_RECORDS_

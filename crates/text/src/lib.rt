#![tactic(auto)]

ghost use Rattle.std.specs.Prelude.{◌≡◌};
ghost use Rattle.text.specs.Numbers.{number_in};
ghost use Rattle.text.specs.Split.{before, after, field_count};

use memchr::memchr_iter;

// The number in a field of 1 to 19 digits, which may begin with zeros; none in any other field.
pub fn number(field: &[u8]) -> Option<u64>
    ensures { result ≡ number_in field.now }
{
    if field.is_empty() || field.len() > 19 {
        return None;
    }
    // A `for`, since a fold would carry the bound of the sum through a closure.
    let mut n: u64 = 0;
    for b in field {
        if !b.is_ascii_digit() {
            return None;
        }
        n = n * 10 + (*b - b'0') as u64;
    }
    Some(n)
}

// What stands before the first byte `separator`, and what after it; all and nothing where there is none.
pub fn cut(bytes: &[u8], separator: u8) -> (&[u8], &[u8])
    ensures first { result.0.now ≡ before separator bytes.now }
    ensures rest { result.1.now ≡ after separator bytes.now }
{
    // Byte by byte: most separators are a few bytes away, where memchr's wide search takes twice the time.
    match bytes.iter().position(move |byte| *byte == separator) {
        Some(i) => (&bytes[..i], &bytes[i + 1..]),
        None => (bytes, &[]),
    }
}

// A line's first field, with the bytes after its comma, which are yet to be read. It and `read_line` are `cut` at one
// byte: a name for each reads plainer than that byte at every call.
pub fn read_field(line: &[u8]) -> (&[u8], &[u8])
    ensures field { result.0.now ≡ before 44 line.now }
    ensures rest { result.1.now ≡ after 44 line.now }
{
    cut(line, b',')
}

// A text's first line, with the bytes after its line feed.
pub fn read_line(text: &[u8]) -> (&[u8], &[u8])
    ensures line { result.0.now ≡ before 10 text.now }
    ensures rest { result.1.now ≡ after 10 text.now }
{
    cut(text, b'\n')
}

// How many fields a line has: one more than its commas.
pub fn count_fields(line: &[u8]) -> usize
    ensures { result ≡ field_count line.now }
{
    1 + memchr_iter(b',', line).count()
}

_REQUIREMENT_
Could you please find every line of the listing above holding the string "with" and copy it?

_EXERCISE RESULT_
// The number in a field of 1 to 19 digits, which may begin with zeros; none in any other field.
// A line's first field, with the bytes after its comma, which are yet to be read. It and `read_line` are `cut` at one
// A text's first line, with the bytes after its line feed.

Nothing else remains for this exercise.